Nipper listening to his master’s voice in the legendary HMV logo – an early version of which adorns the entrance to the museum – is in fact evocative of Sunny’s own earliest memories of the gramophone. “When my father used to play his records I remember walking around the gramophone wondering if someone was inside.” His father, Mathew, taught at a nearby school and Sunny remembers him coming home with a new record every other day – which would also be shared with music aficionados nearby. “If some new record was released during holidays, the peon was assigned to get a copy and deliver it to our house.”
The father’s obsession grew into a compulsion with the son: Sunny’s eventual employment with the forest department – and the fallouts with authority that ensued – ensured his posting to the farthest wooded crannies of the state.
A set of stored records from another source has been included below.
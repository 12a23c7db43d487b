//! The rows of reports.

ghost use Rattle.std.specs.Prelude.{◌≡◌, ◌++◌, IfOk, OnOk};
ghost use Rattle.def_entry.specs.Keys.{key_text};
ghost use Rattle.deck.specs.PlacedKeys.{borrowed_deck_key, deck_key_at_place};
ghost use Rattle.deck.specs.Tables as tables;
ghost use Rattle.survey.specs.Places.{search_hits_of_key};
ghost use Rattle.survey.specs.Rows as spec;

use crate::keys::put_key;
use deck::{BorrowedKey, Deck};
use std::alloc::AllocError;
use units_io::Text;

/// Appends the row of the key that the line at `place` defines, if it defines one.
pub(crate) fn put_row_there(text: &mut Vec<u8>, deck: &Deck, place: usize) -> Result<(), AllocError>
    ensures { OnOk result (text.new.items ≡ text.old.items
        ++ search_hits_of_key (spec.search_hit_row_of_key (tables.table_of_deck deck.now))
        (deck_key_at_place deck.now.lines place)) }
{
    match deck.key_at(place) {
        Some(key) => put_key_row(text, deck, place, key),
        None => Ok(()),
    }
}

// Appends the row of a key, if it has an entry. Finding the entry is fast if `near` is the place of the last active
// line of the key.
fn put_key_row(
    text: &mut Vec<u8>,
    deck: &Deck,
    near: usize,
    key: BorrowedKey<'_>,
) -> Result<(), AllocError>
    ensures { OnOk result (text.new.items
        ≡ text.old.items ++ spec.search_hit_row_of_key (tables.table_of_deck deck.now) (borrowed_deck_key key.entry)) }
{
    match deck.entry_with_hint(near, key.kind, key.name) {
        Some(entry) => put_row(text, key, entry.text()),
        None => Ok(()),
    }
}

// Appends a row.
fn put_row(text: &mut Vec<u8>, key: BorrowedKey<'_>, entry: &[u8]) -> Result<(), AllocError>
    ensures { OnOk result (text.new.items ≡ text.old.items
        ++ spec.search_hit_row (key_text (borrowed_deck_key key.entry)) entry.now) }
{
    text.extend_from_slice(b"\t".as_slice())?;
    put_key(text, key.kind, key.name)?;
    text.extend_from_slice(b"\t".as_slice())?;
    text.extend_from_slice(entry)?;
    text.extend_from_slice(b"\n".as_slice())?;
    Ok(())
}

/// Returns the rows, or a line that says that there are none.
pub(crate) fn rows_or_none(rows: Vec<u8>) -> Result<Text, AllocError>
    ensures { IfOk result (λ text. text ≡ spec.search_hit_rows_or_none rows.items) }
{
    let mut rows = rows;
    if rows.is_empty() {
        rows.extend_from_slice(b"no matching names\n".as_slice())?;
    }
    Ok(Text::from(rows))
}
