//! The check report in blocks, so that its lines can be written as they are made.

ghost use Rattle.std.specs.Prelude.{◌≡◌, ◌++◌, ◌<◌, ◌≤◌, IfOk, OnErr, length, take};
ghost use Rattle.deck.specs.PlacedKeys.{deck_keys_at_places};
ghost use Rattle.deck.specs.Tables as tables;
ghost use Rattle.live_table.specs.TableView.{AreLiveEventsCutOff, IsAfterLiveEvents, IsRightLiveView};
ghost use Rattle.reply.specs.Options.{AreReplyOptionsPrintable, reply_style};
ghost use Rattle.survey.specs.Checks as spec;

use crate::key_checks::KeyCheck;
use live_table::LiveTable;
use std::alloc::{AllocError, Global};
use std::sync::ledger::Ledger;
use units_io::Steps;

// A block ends with the line that brings it to this length.
const BLOCK: usize = 65_536;

/// Checks the keys in order and appends their lines, until the text has 65,536 bytes or no key is left. Returns the
/// number of keys that were checked: at least one, if there are any. Does not change the deck. The only error is
/// running out of memory; some of the queries for the keys were then made.
pub fn put_check_block<L: Ledger>(
    alloc: Global,
    lines: &mut Vec<u8>,
    table: &mut LiveTable,
    check: &KeyCheck<'_>,
    steps: &mut Steps<L>,
) -> Result<usize, AllocError>
    requires printable { AreReplyOptionsPrintable check.now.options.now }
    requires right { IsRightLiveView table.old }
    ensures within { IfOk result (λ n. n ≤ length check.now.places.now) }
    ensures some { IfOk result (λ n. 0 < length check.now.places.now → 0 < n) }
    ensures lines { IfOk result (λ n. lines.new.items ≡ lines.old.items
        ++ spec.check_among (tables.table_of_deck table.old.deck) (reply_style check.now.options.now)
        (deck_keys_at_places table.old.deck.lines (take n check.now.places.now))) }
    ensures queries { IfOk result (λ n. IsAfterLiveEvents
        (spec.queries_among (tables.table_of_deck table.old.deck)
        (deck_keys_at_places table.old.deck.lines (take n check.now.places.now)))
        table.old table.new steps.old steps.new) }
    ensures cut_off { OnErr result (AreLiveEventsCutOff
        (spec.queries_among (tables.table_of_deck table.old.deck)
        (deck_keys_at_places table.old.deck.lines check.now.places.now)) table.old table.new steps.old steps.new) }
    ensures deck { table.new.deck ≡ table.old.deck }
{
    let places = check.places;
    let mut done = 0usize;
    while done < places.len() {
        check.put_check_at(alloc, lines, table, places[done], steps)?;
        done += 1;
        if lines.len() >= BLOCK {
            return Ok(done);
        }
    }
    Ok(done)
}
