//! The units that conform to FROM, as a reply.

ghost use Rattle.std.specs.Prelude.{◌≡◌, IfOk};
ghost use Rattle.deck.specs.Tables as tables;
ghost use Rattle.live_table.specs.Calls.{AreLiveQueries};
ghost use Rattle.live_table.specs.TableView.{IsRightLiveView};
ghost use Rattle.reply.specs.Options.{AreReplyOptionsPrintable};
ghost use Rattle.survey.specs.ConversionReplies as spec;

use crate::conformable_units::conformable_report;
use live_table::LiveTable;
use reply::{FromValue, Options, Reply, from_value};
use std::alloc::{AllocError, Global};
use std::sync::ledger::Ledger;
use units_io::{Steps, Text};

/// Returns a row for each unit that conforms to FROM, or the first fault of FROM. Queries FROM and then, if FROM has a
/// value, each unit. Does not change the deck. The only error is running out of memory.
pub fn conformable_reply<L: Ledger>(
    alloc: Global,
    table: &mut LiveTable,
    options: &Options,
    from: &[u8],
    steps: &mut Steps<L>,
) -> Result<Reply, AllocError>
    requires { AreReplyOptionsPrintable options.now }
    ensures reply { IfOk result (λ reply.
        reply ≡ (spec.asked_conformable (tables.table_of_deck table.old.deck) options.now from.now).reply) }
    ensures queries { AreLiveQueries
        (spec.asked_conformable (tables.table_of_deck table.old.deck) options.now from.now).queries
        result table.old table.new steps.old steps.new }
    ensures deck { table.new.deck ≡ table.old.deck }
{
    let value = from_value(alloc, table, options, from, steps)?;
    conformable_to(alloc, table, value, steps)
}

// Returns the units that conform to a FROM with this value, or the fault of FROM.
fn conformable_to<L: Ledger>(
    alloc: Global,
    table: &mut LiveTable,
    value: FromValue,
    steps: &mut Steps<L>,
) -> Result<Reply, AllocError>
    requires { IsRightLiveView table.old }
    ensures reply { IfOk result (λ reply.
        reply ≡ (spec.conformable_to (tables.table_of_deck table.old.deck) value).reply) }
    ensures queries { AreLiveQueries (spec.conformable_to (tables.table_of_deck table.old.deck) value).queries
        result table.old table.new steps.old steps.new }
    ensures deck { table.new.deck ≡ table.old.deck }
{
    match value {
        FromValue::Good(x) => Ok(Reply {
            text: conformable_report(alloc, table, &x, steps)?,
            refused: false,
        }),
        FromValue::Bad(fault) => fault_reply(fault),
    }
}

// Returns the reply that consists of the text of a fault.
fn fault_reply(fault: Text) -> Result<Reply, AllocError>
    ensures { IfOk result (λ reply. reply ≡ spec.survey_fault_reply fault) }
{
    let mut text = fault.into_bytes();
    text.push(b'\n')?;
    Ok(Reply {
        text: Text::from(text),
        refused: true,
    })
}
The quietude of the sylvan surrounds only served to make music further indispensible. “The first thing I would pack following a transfer order was my collection of records.” Music and records became the cornerstone which held the rest of him in place, transmitting a tranquillity which helped him put together a capacious tome on his family history. For the same Sunny even developed an ingenious indexing system – the name followed by a series of letters in upper and lower cases which spelt out the exact degrees of separation between relatives and their gender. “The life of a ranger during the 80s was much less exciting than what it is today,” he says referring to the episodes of horrendous poaching that has been wracking the state forest department recently. “On most days I could return to my quarters as dusk fell, to the embrace of my records.”
Discs
Over the years his pile of records grew into hundreds and thousands. Today it tallies at over a lakh and takes up the first floor of the museum in neatly labelled stacks. After the HMV hoarding with the forlorn Nipper there is also a signage of Odeon, leading music distributors in India once upon a time; this was one of the only two remaining boards in the country. Sunny narrates exuberant not just on the hardships endured in the procurement of his collections but also on the history behind each. Though the Deutsche Grammophon Company had produced an album in 1908 it went largely unnoticed. It was when Odeon released Tchaikovsky’s Nutcracker Suite a year later that the concept of album came to be noted by the public; popularity sought it several years later.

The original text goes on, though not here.